Our ongoing failure to stop a genocide shouldn’t dissuade us from trying to have ambitions beyond our own education. What this historical moment needs is more imagination, not less, and the architecture studio should remind us how to do that dreaming. Students, like all of us, have more power than they realize. They can make studio a place where that power gets practiced, where they can see what it feels like to talk with their neighbors and picture better futures together. Near the end of our call, Wilson re-emphasized the potential that students can unlock if they are willing to leave the classroom and connect with people outside. “If you’re willing to do that you will see change,” he said, “You will see growth and power, community power, collective power. That’s the role of students.”

 

Citation

Adam Nussbaum, “Architecture Studio after the Encampments,” PLATFORM, May 19, 2025.


Notes

[1] This is a line from “Down by the Riverside” by Nat King Cole. Historically a Black spiritual, the anti-war song became a fixture of our encampment.

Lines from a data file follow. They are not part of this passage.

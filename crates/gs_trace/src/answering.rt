//! What is to be written for an input, from a reader to a writer.

ghost use Rattle.std.specs.Prelude.{◌≡◌, ◌≢◌, ℕ, List, IfOk, IfErr, IsErrOf, OnOk};
ghost use Rattle.std.specs.Io.KnownBytes.{Appends, Keeps};
ghost use Rattle.gs_script.specs.Script.{Script, script_of};
ghost use Rattle.gs_script.specs.declared.script.ScriptError.TheVariants as errors;
ghost use Rattle.gs_trace.specs.declared.answering.Unanswered.TheVariants as unanswered;
ghost use Rattle.gs_trace.specs.declared.run.Ended.{Ended};
ghost use Rattle.gs_trace.specs.declared.run.Ended.TheVariants.{Ran};
ghost use Rattle.gs_trace.specs.Output.{IsAnswer, fault_line};
ghost use Rattle.gs_trace.specs.Streams.{AnswersAll, AnswersOf, Begins, BeginsAnswer, ConsumesAtMost, Leaves, Writes};

use crate::pipe::{InputError, MOST_READ_BYTES, read_all};
use crate::run::{Ended, Kept, TraceFault, fault_text};
use gs_script::{NamedPolicy, ScriptError, ScriptFault};
use gs_text::{WriteFailed, write_out};
use std::alloc::{AllocError, Global};
use std::io::{Read, Write};

/// Why a script has no answer, or not the whole of it.
#[derive(Clone, Copy, PartialEq, Eq, Debug)]
pub enum Unanswered {
    /// The script has a fault, or memory ran out. Nothing was written.
    Script(ScriptError),
    /// A write failed, or took no byte, or memory ran out for what is written piece by piece. A beginning of the answer was
    /// written, short of the whole.
    WriteFailed,
}

impl From<ScriptError> for Unanswered {
    ghost from_gives = { λ error why. why ≡ unanswered.Script error };

    fn from(error: ScriptError) -> Unanswered {
        Unanswered::Script(error)
    }
}

impl From<AllocError> for Unanswered {
    ghost from_gives = { λ _ why. why ≡ unanswered.Script errors.OutOfMemory };

    fn from(_failed: AllocError) -> Unanswered {
        Unanswered::Script(ScriptError::OutOfMemory)
    }
}

impl From<WriteFailed> for Unanswered {
    ghost from_gives = { λ _ why. why ≡ unanswered.WriteFailed };

    fn from(_failed: WriteFailed) -> Unanswered {
        Unanswered::WriteFailed
    }
}

/// What answers a script: it runs it, and shows what came of it.
pub trait Answering<P: NamedPolicy> {
    /// These bytes show the script that an input says.
    ghost shows: { Self → List ℕ → Script P → List ℕ → Type 0 };

    /// Writes the bytes that show the script that an input says.
    ///
    /// # Errors
    ///
    /// The script's first fault, or out of memory: nothing was written then. Or a write failed, and a beginning was written.
    fn answer<W: Write>(
        &self,
        alloc: Global,
        input: &[u8],
        writer: &mut W,
    ) -> Result<(), Unanswered>
        ensures shown { OnOk result (Writes (IsAnswer P.naming (shows self.now) input.now Ran) (W.contents writer.old) (W.contents writer.new)) }
        ensures left { IfErr result (Leaves (script_of P.naming input.now) (IsAnswer P.naming (shows self.now) input.now Ran) (W.contents writer.old) (W.contents writer.new)) };
}

/// Writes the line of a script's fault.
fn write_fault<W: Write>(
    alloc: Global,
    fault: ScriptFault,
    writer: &mut W,
) -> Result<(), TraceFault>
    ensures written { OnOk result (Appends (W.contents writer.old) (W.contents writer.new) (fault_line fault)) }
    ensures unwritten { IfErr result (λ e. e ≢ TraceFault.WriteFailed → Keeps (W.contents writer.old) (W.contents writer.new)) }
    ensures begun { IsErrOf result TraceFault.WriteFailed → Begins (λ out. out ≡ fault_line fault) (W.contents writer.old) (W.contents writer.new) }
{
    let line = fault_text(alloc, fault)?;
    match write_out(writer, line.as_bytes()) {
        Ok(()) => Ok(()),
        Err(_) => Err(TraceFault::WriteFailed),
    }
}

/// Writes what is to be written for an input, of which a script's fault is one line, and returns how it ended.
fn write_answer<P: NamedPolicy, W: Write, A: Answering<P>>(
    alloc: Global,
    how: &A,
    input: &[u8],
    writer: &mut W,
) -> Result<Ended, TraceFault>
    ensures written { IfOk result (λ ended. Writes (IsAnswer P.naming (A.shows how.now) input.now ended) (W.contents writer.old) (W.contents writer.new)) }
    ensures unwritten { IfErr result (λ e. e ≢ TraceFault.WriteFailed → Keeps (W.contents writer.old) (W.contents writer.new)) }
    ensures begun { IsErrOf result TraceFault.WriteFailed → (ended : Ended) × Begins (IsAnswer P.naming (A.shows how.now) input.now ended) (W.contents writer.old) (W.contents writer.new) }
{
    match how.answer(alloc, input, writer) {
        Ok(()) => Ok(Ended::Ran),
        Err(Unanswered::Script(ScriptError::OutOfMemory)) => Err(TraceFault::OutOfMemory),
        Err(Unanswered::Script(ScriptError::Fault(fault))) => {
            match write_fault(alloc, fault, writer) {
                Ok(()) => Ok(Ended::Faulted),
                Err(failed) => Err(failed),
            }
        }
        Err(Unanswered::WriteFailed) => Err(TraceFault::WriteFailed),
    }
}

/// Reads a script to its end, or until it is too long, and writes what is to be written for it. A script's fault is
/// written as one line. Returns what was read too, for whoever tells more of that fault.
///
/// The reads end at the first that gives no byte, and are at most 1,048,578. At most
/// [`MOST_READ_BYTES`] are read.
///
/// # Errors
///
/// `ReadFailed` if a read fails. `OutOfMemory` if out of memory, at an event too. In both cases nothing was
/// written. No clause tells these two apart, since a reader's contract does not say when it fails.
/// `WriteFailed` if a write fails or takes no byte: a beginning of the output was written, short of the
/// whole.
pub fn answer_script<P: NamedPolicy, R: Read, W: Write, A: Answering<P>>(
    alloc: Global,
    reader: &mut R,
    writer: &mut W,
    how: &A,
) -> Result<Kept, TraceFault>
    ensures ended { IfOk result (λ kept. AnswersAll (IsAnswer P.naming (A.shows how.now)) kept.ended (R.remaining reader.old) (W.contents writer.old) (W.contents writer.new)) }
    ensures read { IfOk result (λ kept. AnswersOf (IsAnswer P.naming (A.shows how.now)) kept.input.items kept.ended (R.remaining reader.old) (R.remaining reader.new) (W.contents writer.old) (W.contents writer.new)) }
    ensures bounded { ConsumesAtMost MOST_READ_BYTES (R.remaining reader.old) (R.remaining reader.new) }
    ensures unwritten { IfErr result (λ e. e ≢ TraceFault.WriteFailed → Keeps (W.contents writer.old) (W.contents writer.new)) }
    ensures begun { IsErrOf result TraceFault.WriteFailed → BeginsAnswer (IsAnswer P.naming (A.shows how.now)) (R.remaining reader.old) (W.contents writer.old) (W.contents writer.new) }
{
    let input = match read_all(alloc, reader) {
        Ok(input) => input,
        Err(InputError::Failed) => return Err(TraceFault::ReadFailed),
        Err(InputError::OutOfMemory) => return Err(TraceFault::OutOfMemory),
    };
    let ended = write_answer::<P, W, A>(alloc, how, &input, writer)?;
    Ok(Kept { ended, input })
}
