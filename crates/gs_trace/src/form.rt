ghost use Rattle.std.specs.Prelude.{◌≡◌, IfOk, IfErr, OnOk};
ghost use Rattle.gs_core.specs.Machine.{planning};
ghost use Rattle.gs_script.specs.Unread.{events_unread};
ghost use Rattle.gs_trace.specs.Output.{history_shown, shown_as};
ghost use Rattle.gs_trace.specs.Adding.{ShowsRun};
ghost use Rattle.gs_trace.specs.Streams.{Leaves, Writes};

use crate::answering::Unanswered;
use crate::noting::Noting;
use crate::running::{Nothing, run_into};
use gs_core::Machine;
use gs_history::{journal_text, json_text};
use gs_journal::Journal;
use gs_lines::Text;
use gs_perfetto::Trace;
use gs_report::Report;
use gs_script::{NamedPolicy, Reading};
use gs_text::write_out;
use gs_timeline::{Listed, Picture};
use std::alloc::{AllocError, Global};
use std::io::Write;

/// How a journal is written.
#[derive(Clone, Copy, PartialEq, Eq, Debug)]
pub enum Notation {
    /// A line for each entry, which begins with its place, counted from 0.
    Lines,
    /// A JSON object for each entry, one a line, its keys sorted.
    Json,
}

/// How what came of a script is shown.
#[derive(Clone, Copy, PartialEq, Eq, Debug)]
pub enum Form {
    /// The lines of its replies.
    Lines,
    /// A report: one line of JSON with the counts of the script's events, refusals and landings, whether
    /// the enclave was torn down, and the last of the lines.
    Report {
        /// So many of the last lines, or all if there are fewer.
        last: usize,
    },
    /// The journal of all that happened.
    Journal(Notation),
    /// A picture of who ran where, as SVG.
    Timeline {
        /// The place in the journal of the first entry that is shown, counted from 0.
        from: usize,
        /// That of the last one.
        to: usize,
        /// Which threads have a line of their own below the rows.
        listed: Listed,
    },
    /// A trace in the Chrome trace event format, which is JSON.
    Trace,
}

/// Returns the journal in this notation.
fn show_journal(alloc: Global, notation: Notation, journal: &Journal) -> Result<Vec<u8>, AllocError>
    ensures { IfOk result (λ bytes. bytes.items ≡ history_shown notation journal.now.entries) }
{
    match notation {
        Notation::Lines => Ok(journal_text(alloc, journal)?.into_bytes()),
        Notation::Json => json_text(alloc, journal),
    }
}

/// Runs a script's events, and writes the lines of their replies.
fn show_lines<P: NamedPolicy, W: Write>(
    alloc: Global,
    machine: &mut Machine<P>,
    script: Reading<'_, P>,
    writer: &mut W,
) -> Result<(), Unanswered>
    ensures shown { OnOk result (Writes (ShowsRun P.chosen (shown_as Form.Lines) (planning P.chosen machine.old) (events_unread P.naming script.entry) (planning P.chosen machine.new)) (W.contents writer.old) (W.contents writer.new)) }
    ensures left { IfErr result (Leaves (events_unread P.naming script.entry) (ShowsRun P.chosen (shown_as Form.Lines) (planning P.chosen machine.old) (events_unread P.naming script.entry) (planning P.chosen machine.new)) (W.contents writer.old) (W.contents writer.new)) }
{
    let text = run_into(alloc, machine, script, Text::new(alloc))?;
    write_out(writer, text.as_bytes())?;
    Ok(())
}

/// Runs a script's events, and writes a report of their replies, with so many of the last lines.
fn show_report<P: NamedPolicy, W: Write>(
    alloc: Global,
    last: usize,
    machine: &mut Machine<P>,
    script: Reading<'_, P>,
    writer: &mut W,
) -> Result<(), Unanswered>
    ensures shown { OnOk result (Writes (ShowsRun P.chosen (shown_as (Form.Report last)) (planning P.chosen machine.old) (events_unread P.naming script.entry) (planning P.chosen machine.new)) (W.contents writer.old) (W.contents writer.new)) }
    ensures left { IfErr result (Leaves (events_unread P.naming script.entry) (ShowsRun P.chosen (shown_as (Form.Report last)) (planning P.chosen machine.old) (events_unread P.naming script.entry) (planning P.chosen machine.new)) (W.contents writer.old) (W.contents writer.new)) }
{
    let report = run_into(alloc, machine, script, Report::new(alloc))?;
    let line = report.to_line(alloc, last)?;
    write_out(writer, line.as_bytes())?;
    Ok(())
}

/// Runs a script's events, and writes the journal of all that happened, in this notation.
fn show_history<P: NamedPolicy, W: Write>(
    alloc: Global,
    notation: Notation,
    machine: &mut Machine<P>,
    script: Reading<'_, P>,
    writer: &mut W,
) -> Result<(), Unanswered>
    ensures shown { OnOk result (Writes (ShowsRun P.chosen (shown_as (Form.Journal notation)) (planning P.chosen machine.old) (events_unread P.naming script.entry) (planning P.chosen machine.new)) (W.contents writer.old) (W.contents writer.new)) }
    ensures left { IfErr result (Leaves (events_unread P.naming script.entry) (ShowsRun P.chosen (shown_as (Form.Journal notation)) (planning P.chosen machine.old) (events_unread P.naming script.entry) (planning P.chosen machine.new)) (W.contents writer.old) (W.contents writer.new)) }
{
    run_into(alloc, machine, script, Nothing)?;
    let bytes = show_journal(alloc, notation, machine.kernel().journal())?;
    write_out(writer, bytes.as_slice())?;
    Ok(())
}

/// Runs a script's events, and writes a picture of the entries from one place in the journal on to another, which lists
/// these threads. The header's line is given.
fn show_picture<P: NamedPolicy, W: Write>(
    alloc: Global,
    from: usize,
    to: usize,
    listed: Listed,
    machine: &mut Machine<P>,
    header: usize,
    script: Reading<'_, P>,
    writer: &mut W,
) -> Result<(), Unanswered>
    ensures shown { OnOk result (Writes (ShowsRun P.chosen (shown_as (Form.Timeline from to listed)) (planning P.chosen machine.old) (events_unread P.naming script.entry) (planning P.chosen machine.new)) (W.contents writer.old) (W.contents writer.new)) }
    ensures left { IfErr result (Leaves (events_unread P.naming script.entry) (ShowsRun P.chosen (shown_as (Form.Timeline from to listed)) (planning P.chosen machine.old) (events_unread P.naming script.entry) (planning P.chosen machine.new)) (W.contents writer.old) (W.contents writer.new)) }
{
    let noting = run_into(alloc, machine, script, Noting::new(alloc, header)?)?;
    let kernel = machine.kernel();
    let cpus = kernel.settings().cpus;
    let notes = noting.notes(kernel.poster().capacity());
    let picture = Picture::new(alloc, cpus, kernel.journal(), notes, from, to, listed)?;
    picture.write(writer)?;
    Ok(())
}

/// Runs a script's events, and writes a trace of all that happened. The header's line is given.
fn show_trace<P: NamedPolicy, W: Write>(
    alloc: Global,
    machine: &mut Machine<P>,
    header: usize,
    script: Reading<'_, P>,
    writer: &mut W,
) -> Result<(), Unanswered>
    ensures shown { OnOk result (Writes (ShowsRun P.chosen (shown_as Form.Trace) (planning P.chosen machine.old) (events_unread P.naming script.entry) (planning P.chosen machine.new)) (W.contents writer.old) (W.contents writer.new)) }
    ensures left { IfErr result (Leaves (events_unread P.naming script.entry) (ShowsRun P.chosen (shown_as Form.Trace) (planning P.chosen machine.old) (events_unread P.naming script.entry) (planning P.chosen machine.new)) (W.contents writer.old) (W.contents writer.new)) }
{
    let noting = run_into(alloc, machine, script, Noting::new(alloc, header)?)?;
    let kernel = machine.kernel();
    let cpus = kernel.settings().cpus;
    let notes = noting.notes(kernel.poster().capacity());
    let trace = Trace::new(alloc, cpus, kernel.journal(), notes)?;
    trace.write(writer)?;
    Ok(())
}

/// Runs a script's events, and shows what came of them in this form: their replies, and the machine that they leave. It
/// fails with the first fault of their lines, or out of memory, also if a reply tells of that. The header's line is
/// given.
pub(crate) fn show<P: NamedPolicy, W: Write>(
    alloc: Global,
    form: Form,
    machine: &mut Machine<P>,
    header: usize,
    script: Reading<'_, P>,
    writer: &mut W,
) -> Result<(), Unanswered>
    ensures shown { OnOk result (Writes (ShowsRun P.chosen (shown_as form) (planning P.chosen machine.old) (events_unread P.naming script.entry) (planning P.chosen machine.new)) (W.contents writer.old) (W.contents writer.new)) }
    ensures left { IfErr result (Leaves (events_unread P.naming script.entry) (ShowsRun P.chosen (shown_as form) (planning P.chosen machine.old) (events_unread P.naming script.entry) (planning P.chosen machine.new)) (W.contents writer.old) (W.contents writer.new)) }
{
    match form {
        Form::Lines => show_lines(alloc, machine, script, writer),
        Form::Report { last } => show_report(alloc, last, machine, script, writer),
        Form::Journal(notation) => show_history(alloc, notation, machine, script, writer),
        Form::Timeline { from, to, listed } => {
            show_picture(alloc, from, to, listed, machine, header, script, writer)
        }
        Form::Trace => show_trace(alloc, machine, header, script, writer),
    }
}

[2] Incident sheet accessible through the website of Black Students for Disarmament at Yale, an organization active 2019-2022.

[3] In 1959, the New Haven city government condemned and demolished Oak Street, a community in the historically Black neighborhood, The Hill. The Route 34 Expressway built on Oak Street’s ruins was one of many postwar “urban renewal” projects that mobilized design labor, including Yale architects, to the dispossession of the city’s poorest residents. See: Brian Goldstein, “Planning’s End? Urban Renewal in New Haven, the Yale School of Art and Architecture, and the Fall of the New Deal Spatial Order,” Journal of Urban History 37, no. 3 (2011): 400–422.

[4]  Interview by the author, April 14, 2024.

[5] For more lessons from incarcerated organizers, see Orisanmi Burton, Tip of the Spear: Black Radicalism, Prison Repression, and the Long Attica Revolt (Berkeley: University of California Press, 2023). On page 175, Burton recalls a conversation with Larry “Luqmon” White in which White echoes Wilson’s call for solidarity across borders: “As [White] saw it, the strategic objective of the prison movement was to achieve ‘P + C vs. A’: Prisoners plus the Community versus the Administration, a balance of forces requiring the incarcerated to first forge solidarity among themselves and to then forge it with political communities on the outside, and in so doing, foster a shared antagonism with the state.”